▸ Directions for this task:
Search the listing for the word "start" and say how many lines have it, nothing besides.

▸ Exercise material:

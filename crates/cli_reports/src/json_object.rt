//! A log in a report, as a JSON object (RFC 8259) in one line.

ghost use Rattle.std.specs.Prelude.{◌≡◌, ◌++◌, IfOk, OnOk, string_bytes};
ghost use Rattle.cli_reports.specs.JsonObject.{fail_object_of, log_object_of, name_member_of, pass_object_of, reason_of, unopened_object_of};

use cli_options::sentence;
use explain_lines::name_of;
use hsms_log::{Summary, Verdict, Why};
use serde_json::Value;
use std::alloc::{AllocError, Global};

/// Returns the object of the log in a file, with its verdict: of a pass with the counts, of a failure with the line, the
/// rule and its text. An unreadable line has no such text.
pub fn log_object(alloc: Global, file: &str, verdict: Verdict) -> Result<String, AllocError>
    ensures { IfOk result (λ object. string_bytes object ≡ log_object_of file.now verdict) }
{
    match verdict {
        Verdict::Pass(summary) => pass_object(alloc, file, summary),
        Verdict::Fail { line, why } => fail_object(alloc, file, line, why),
    }
}

fn pass_object(alloc: Global, file: &str, summary: Summary) -> Result<String, AllocError>
    ensures { IfOk result (λ object. string_bytes object ≡ pass_object_of file.now summary) }
{
    let mut object = name_member(alloc, file)?;
    object.push_str(",\"verdict\":\"pass\"")?;
    summary.push_counts(&mut object, ",\"", "\":")?;
    object.push_str("}\n")?;
    Ok(object)
}

fn fail_object(alloc: Global, file: &str, line: u64, why: Why) -> Result<String, AllocError>
    ensures { IfOk result (λ object. string_bytes object ≡ fail_object_of file.now line why) }
{
    let mut object = name_member(alloc, file)?;
    object.push_str(",\"verdict\":\"fail\",\"line\":")?;
    write!(object, "{line}")?;
    object.push_str(",\"rule\":\"")?;
    object.push_str(name_of(why))?;
    push_reason(&mut object, why)?;
    object.push_str("\"}\n")?;
    Ok(object)
}

// Appends the text of the broken rule, as a further member.
fn push_reason(object: &mut String, why: Why) -> Result<(), AllocError>
    ensures { OnOk result (string_bytes object.new ≡ string_bytes object.old ++ reason_of why) }
{
    match why {
        Why::Unreadable => Ok(()),
        Why::Broken(rule) => {
            object.push_str("\",\"sentence\":\"")?;
            object.push_str(sentence(rule))
        }
    }
}

/// Returns the object of a file that cannot be opened.
pub fn unopened_object(alloc: Global, file: &str) -> Result<String, AllocError>
    ensures { IfOk result (λ object. string_bytes object ≡ unopened_object_of file.now) }
{
    let mut object = name_member(alloc, file)?;
    object.push_str(",\"verdict\":\"unopened\"}\n")?;
    Ok(object)
}

// Returns the start of an object: the name of the file.
fn name_member(alloc: Global, file: &str) -> Result<String, AllocError>
    ensures { IfOk result (λ start. string_bytes start ≡ name_member_of file.now) }
{
    let name = Value::String(String::from_str(alloc, file)?).to_string(alloc)?;
    let mut start = String::from_str(alloc, "{\"file\":")?;
    start.push_str(&name)?;
    Ok(start)
}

▸ Expected answer:
5